How to use the PHG
A Practical Haplotype Graph can be used for many types of data processing and analysis. You can build a PHG from genome assembly-quality genomes or whole-genome resequencing data and use it to impute either variants or haplotypes, both for taxa within the database and for new taxa that are not included in the DB. A non-exhaustive list of possible use cases includes:
- I want to populate a db using WGS
- I want to populate a db using Assemblies
- I want to create consensus haplotypes
- I have skim sequencing and I want variant information
- I have sparse SNPs and I want to imputate more SNPs
- I have a bunch of old/varied sequencing data and I want to merge them to get one set of variant calls on the same set of loci
- I want to phase my heterozygous material by finding paths through db
- I want to phase the assemblies I am putting into the db
- I want haplotype information so I can choose populations to fine map traits
- I want haplotype information for association analysis and/or GS
- I want to understand recombination/haplotype formation in my population/species
- I want to identify ancestral haplotypes & study haplotype quantity/diversity
- I want to study rare haplotypes
- I have some material and want to figure out what its parents are
- I have some material and want to figure out what it is similar/related to
- I want to do chromosome painting
- I want to check the quality of some assemblies
The data needed for any of these use cases can be produced through one of two pipelines. Users can either create and populate a new PHG database, or can download and use an existing PHG database to impute variant or haplotype information. Wrapper scripts that run the whole pipeline are available, or you can follow the decision flow charts to move through each pipeline on your own. More information about each step can be found by clicking the link associated with that step.

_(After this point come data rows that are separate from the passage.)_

//! What calculations over streams write: theorems, as functions with an empty body.
//! The rules: docs/STREAMS.md, "Tools over streams".
ghost use Rattle.std.specs.Prelude.{◌≡◌, ℕ, nat_eq, List, [], ◌++◌, Option, Some};
ghost use Rattle.std.specs.List.{AllByRecursion, IsDistinct, flat_map};
ghost use Rattle.kt_stream.specs.declared.entry.Placed.{Placed};
ghost use Rattle.kt_stream.specs.declared.stop.StreamStop.{StreamStop};
ghost use Rattle.kt_ends.specs.declared.status.Refusal.{Refusal};
ghost use Rattle.kt_loop.specs.declared.run_key.RunKey.{RunKey};
ghost use Rattle.kt_loop.specs.ByRun.{RunCalculation, by_run, outcome_by_run};
ghost use Rattle.kt_loop.specs.Contents.{Contents};
ghost use Rattle.kt_loop.specs.Outcome.{gives, stream_status, outcome};
ghost use Rattle.kt_loop.specs.Runs.{AreRuns, ShareNoEvent, given_by_runs, runs_of};
ghost use Rattle.kt_loop.specs.ByRecord.{by_record, table_of};
ghost use Rattle.kt_loop.specs.EventRuns.{IsTaken, event_text, whole_outcome};
ghost use Rattle.kt_stream.specs.Grammar.{placed_from};
ghost use Rattle.kt_stream.specs.Stream.{Form};
ghost use Rattle.kt_ends.specs.declared.status.Status.TheVariants.{Done};

/// A calculation by record refuses nothing: its outcome is the heading and then the rows of each record, with the
/// stream's own fault.
pub fn records_give_their_rows<H, E, S>()
    ensures { (heading : S → H → List ℕ) (rows : S → H → E → List ℕ) (state : S) (contents : Contents H E) → outcome (by_record heading rows) state contents ≡ gives (stream_status contents.fault) (table_of heading rows state contents.head contents.entries) }
{}

/// A calculation run by run writes what stands at the header and then, run after run, what each closed run gives.
pub fn runs_give_their_text<H, E, P>()
    ensures { (key : E → RunKey) (runs : RunCalculation H E P Refusal) (kept : P) (head : H) (entries : List (Placed E)) (fault : Option StreamStop) → outcome (by_run key runs) (record { kept = kept; run = [] }) (record { head = Some head; entries = entries; fault = fault }) ≡ outcome_by_run key runs head (runs.opens head kept).text (runs.opens head kept).next entries fault }
{}

/// What lists of records that share no event give run by run is what the one gives and then what the other gives.
pub fn joined_records_give_one_after_the_other<E>()
    ensures { (key : E → RunKey) (closes : List E → List ℕ) (first : List (Placed E)) (second : List (Placed E)) → ShareNoEvent key first second → given_by_runs key closes (first ++ second) ≡ given_by_runs key closes first ++ given_by_runs key closes second }
{}

/// Over the records of events of which no two are the same, and of which each has one run or none, a calculation run by run
/// that refuses no record of them writes what stands at its header, and then, event after event, what the records of the event
/// give: nothing where there are none. So a list of events cut into parts gives, part after part, what the whole list gives.
pub fn events_give_one_after_the_other<E>()
    ensures { (key : E → RunKey) (refuses : List (Placed E) → Placed E → Option Refusal) (closes : List E → List ℕ) (form : Form E) (opening : List ℕ) (of : ℕ → List E) (events : List ℕ) (at : ℕ) → IsDistinct nat_eq events → AllByRecursion (IsTaken key refuses of) events → whole_outcome key refuses closes opening (placed_from form at (flat_map of events)) ≡ gives Done (opening ++ flat_map (λ event. event_text closes (of event)) events) }
{}

/// The runs of a list of records, one after the other, are these records; each has a record, in each run each record goes
/// on the one before it, and the first of a run does not go on the run before.
pub fn runs_are_the_records<E>()
    ensures { (key : E → RunKey) (entries : List (Placed E)) → AreRuns key (runs_of key entries) entries }
{}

Download and install the PHG Docker
The PHG code can be downloaded and run with either Docker, Singularity, or Conda. Click on the Step 0 image to learn more.
Create a PHG database and populate it with haplotypes
The first step is building an empty PHG database and optionally splitting reference range intervals into different groups of interest. The second step is adding haplotypes (from assemblies, WGS, or both) to that database, with an optional consensus building step. These steps can be run simultaneously. Click on the image to learn more.
Step 1: create an initial PHG with reference data
Use an existing PHG database to impute variants or haplotypes
Once you have a PHG database with haplotypes, the next step is to use that database to impute variants or haplotypes for new taxa. If you have not already downloaded the PHG docker, follow Step 0 above. You may also need to update the PHG database (Step 2.5) before moving on to Step 3. The pipeline plugins, MakeInitialPHGDBPipelinePlugin, PopulatePHGDBPipelinePlugin, and ImputePipelinePlugin, always run this check as a first step. As a result, if you use those plugins, step 2.5 does not need to be run. Also, if you have just completed Step 2 then you can skip step 2.5. If you are running one of the component plugins outside the pipeline and want to make sure that your database is in sync with the current version of the PHG software, then run step 2.5.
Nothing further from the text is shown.